Christensen’s been vocal in his opinion that we should be taking Syrian Christians over others, claiming that ISIS terrorists might be disguising themselves as refugees in order to travel covertly to Western countries, and that refugees may take Australian jobs. Labor MP Graham Perrett, whose southern Brisbane electorate has a heavily multicultural population, had some pretty choice words for Christensen’s theories on Twitter this morning.

It’s not just Christensen who’s been running the line that we should take Christian refugees over everybody else. Wild-eyed First Crusader who fell into a time portal and popped out randomly in the present day Cory Bernardi has strongly backed the push, while senior government ministers like Foreign Minister Julie Bishop and Employment Minister Eric Abetz have floated the idea too. It’s been widely reported that government backbenchers urged the government to take “no more Muslim men” during Coalition party-room discussions on the crisis.

Labor, to their credit, have been pushing back pretty hard against that line of thinking; Opposition Leader Bill Shorten told reporters in Canberra this morning that Abbott needed to rein in the “irresponsible right-wing fringe dwellers” on the government backbenches and emphasised the need for Australia’s humanitarian policy to be universal.

“Some of the comments I’ve seen a couple of Mr Abbott’s Liberal MPs make, they’re not internet trolls speaking anonymously,” Shorten said.

“This is elected members of parliament feeding off the most base, the most ignorant, the most racist parts of Australian political life – and Mr Abbott has to stand up and defend these refugees. There’s no point in bringing refugees here if we’re not going to defend them when they’re here.”

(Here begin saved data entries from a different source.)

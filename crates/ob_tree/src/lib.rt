//! The engine that runs the tree of a checked module without code.
#![tactic(auto)]

pub mod act;
pub mod body_run;
pub mod body_start;
mod effects;
pub mod engine;
pub mod frame_places;
pub mod procedure_work;
pub mod reserve;
pub mod settle;
pub mod tree_step;

pub use engine::TreeEngine;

Happily, it looks as if the government’s resisted the temptation to turn a refugee aid program into yet another opportunity to make Muslims the go-to boogey monsters of Australian politics. In a press conference this afternoon, Abbott said that while persecuted minorities were being prioritised, those minorities were of all faiths and were being focused on because they were less likely to ever be able to return home.

“There are persecuted minorities who are Muslim, there are persecuted minorities who are non-Muslim. It’s those that can ever really go back that we’re focused on,” Abbott said.

Education Minister Christopher Pyne backed that sentiment up, saying that the government would be maintaining Australia’s existing non-discriminatory humanitarian arrangements.

“Religion is not the issue here, the issue is persecuted ethnic and religious minorities,”  Pyne said. “We have a colourblind policy when it comes to humanitarian support and that will not be changing.”